As they ape the marketing, packaging and distribution schemes of legitimate producers (Photo), the impact of their products can only be guessed at.

This counterfeit product mimicked features down to the blister packaging of the original. Photo courtesy of FDA
The World Health Organization estimates that counterfeit pharmaceuticals account for 7 to 10% of the world market. In some countries, including China, India, and the Philippines, fake drugs make up nearly half of all the medicines sold. In Mexico, a prime destination for U.S. citizens looking for bargains in prescription medications, between 25% and 40% of medicines are currently believed to be counterfeit materials coming mainly from China.
Security analysts fear that we're seeing just the tip of the iceberg. "While the evidence is only anecdotal, it's clear that thousands of people in the U.S. are being harmed each year by medicines they've bought illegally on the Internet,"says Neil Livingstone, CEO of the security consulting group Global Options Inc., Washington. The organization tracked over 307 Internet sites selling pharmaceuticals as part of a comprehensive study of threats to the U.S. pharmaceutical industry that was published last spring (www.globaloptions.com\booktext2003.pdf).
FDA has begun several hundred investigations and arrested people involved in 60 websites. However, few data have been gathered. "Neither FDA nor the Department of Homeland Security (DHS) have paid enough attention to these issues," Livingstone says.
FDA admits that vulnerabilities continue to run throughout the supply chain.
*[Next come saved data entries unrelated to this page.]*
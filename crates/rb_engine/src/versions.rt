//! The version of an engine, and when applications changed last: a change closes only what its own
//! application has open.
ghost use Rattle.std.specs.Prelude.{◌≡◌, replicate, set};
ghost use Rattle.rb_engine.specs.Version.{next_version};
ghost use Rattle.rb_engine.specs.inner.LastChanges.{group_of, version_in};

/// The number of groups of applications.
const GROUPS: usize = 256;

/// The version of an engine, which rises with each change up to the maximum, and the version in
/// which each group of applications changed last. Applications whose names fall into one group share
/// it: a change of one closes what the others have open, too.
#[derive(Clone, Copy)]
pub(crate) struct Versions {
    pub(crate) latest: u64,
    pub(crate) groups: [u64; GROUPS],
}

/// Returns the group of an application.
fn group_of(app: &[u8]) -> u8
    ensures { result ≡ group_of app.now }
{
    app.iter().fold(
        0,
        |group: u8, byte| group.wrapping_mul(31).wrapping_add(*byte),
    )
}

impl Versions {
    /// Returns the versions of an engine that hasn't changed since it had the first one.
    pub(crate) fn first(latest: u64) -> Versions
        ensures { result.groups ≡ replicate 256 0 }
    {
        Versions {
            latest,
            groups: [0; GROUPS],
        }
    }

    /// Returns the version in which the application's group changed last.
    pub(crate) fn of(&self, app: &[u8]) -> u64
        ensures { result ≡ version_in self.now.groups app.now }
    {
        self.groups[group_of(app) as usize]
    }

    /// Raises the version after a change of an application.
    pub(crate) fn rise(&mut self, app: &[u8])
        ensures latest { self.new.latest ≡ next_version self.old.latest }
        ensures groups { self.new.groups ≡ set self.old.groups (group_of app.now) self.new.latest }
    {
        self.latest = self.latest.saturating_add(1);
        self.groups[group_of(app) as usize] = self.latest;
    }
}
Imported raw materials remain one Achilles heel, since over 80% of active pharmaceutical ingredients (APIs) used in the U.S. are imported. "There's a big risk on the manufacturing end in areas of the world where there is less oversight and monitoring of ingredients,"says Myles Culbertson, director of New Mexico State University's Physical Science Laboratory (PSL). The laboratory is a prime contractor for Product Surety (www.productsurety.org), a working group involving industry and FDA that is developing risk assessment criteria, evaluating technologies and helping define best practices.
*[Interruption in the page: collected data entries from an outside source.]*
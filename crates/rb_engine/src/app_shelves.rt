use rb_packages::AppShelf;
use rb_parents::Parents;

/// The bundles that an application's lookups read: its own and those of ICUDATA, with the explicit
/// parents.
#[derive(Clone, Copy)]
pub struct AppShelves<'a> {
    pub own: AppShelf<'a>,
    pub icudata: AppShelf<'a>,
    pub parents: &'a Parents,
}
One problem is that counterfeits of any kind may be mixed into shipments of legitimate products. In addition, pedigree information, the documentation tracking a supply source, may be incomplete or fraudulent. "Someone buying primary ingredient may not know where it's really come from," Culbertson says, "It's less of an issue for U.S. manufacturers, but U.S. buyers still have to be careful."
Questionable Pedigrees
"There's no way to guarantee the chain of control---pedigrees are easily forged, and background checks are not required," says Livingstone. FDA lacks the resources needed: "A System Overwhelmed," title of FDA testimony before the U.S. House of Representatives last June, says it all. Currently, only 180 of FDA's 430 full-time inspectors are deployed to inspect offshore manufacturing facilities, something they're required to do every few years. The Senate's commerce committee has questioned the Agency in the past about its backlog of GMP inspections. As of 2000, some 4,600 facilities shipping to the U.S. hadn't been inspected.
Meanwhile, inspectors at the back end of distribution, monitoring suspicious packages that arrive in the mail, can only keep up with a trickle of the flood of illegal pharmaceuticals---some two million packages a year---arriving in the U.S. In addition, information technology problems have plagued FDA's computerized import-tracking system, the Operational Administrative System for Import Support (OASIS) in the past, making it difficult for manufacturers to file data, and for FDA to analyze them. The Agency has been overhauling the system to address these issues.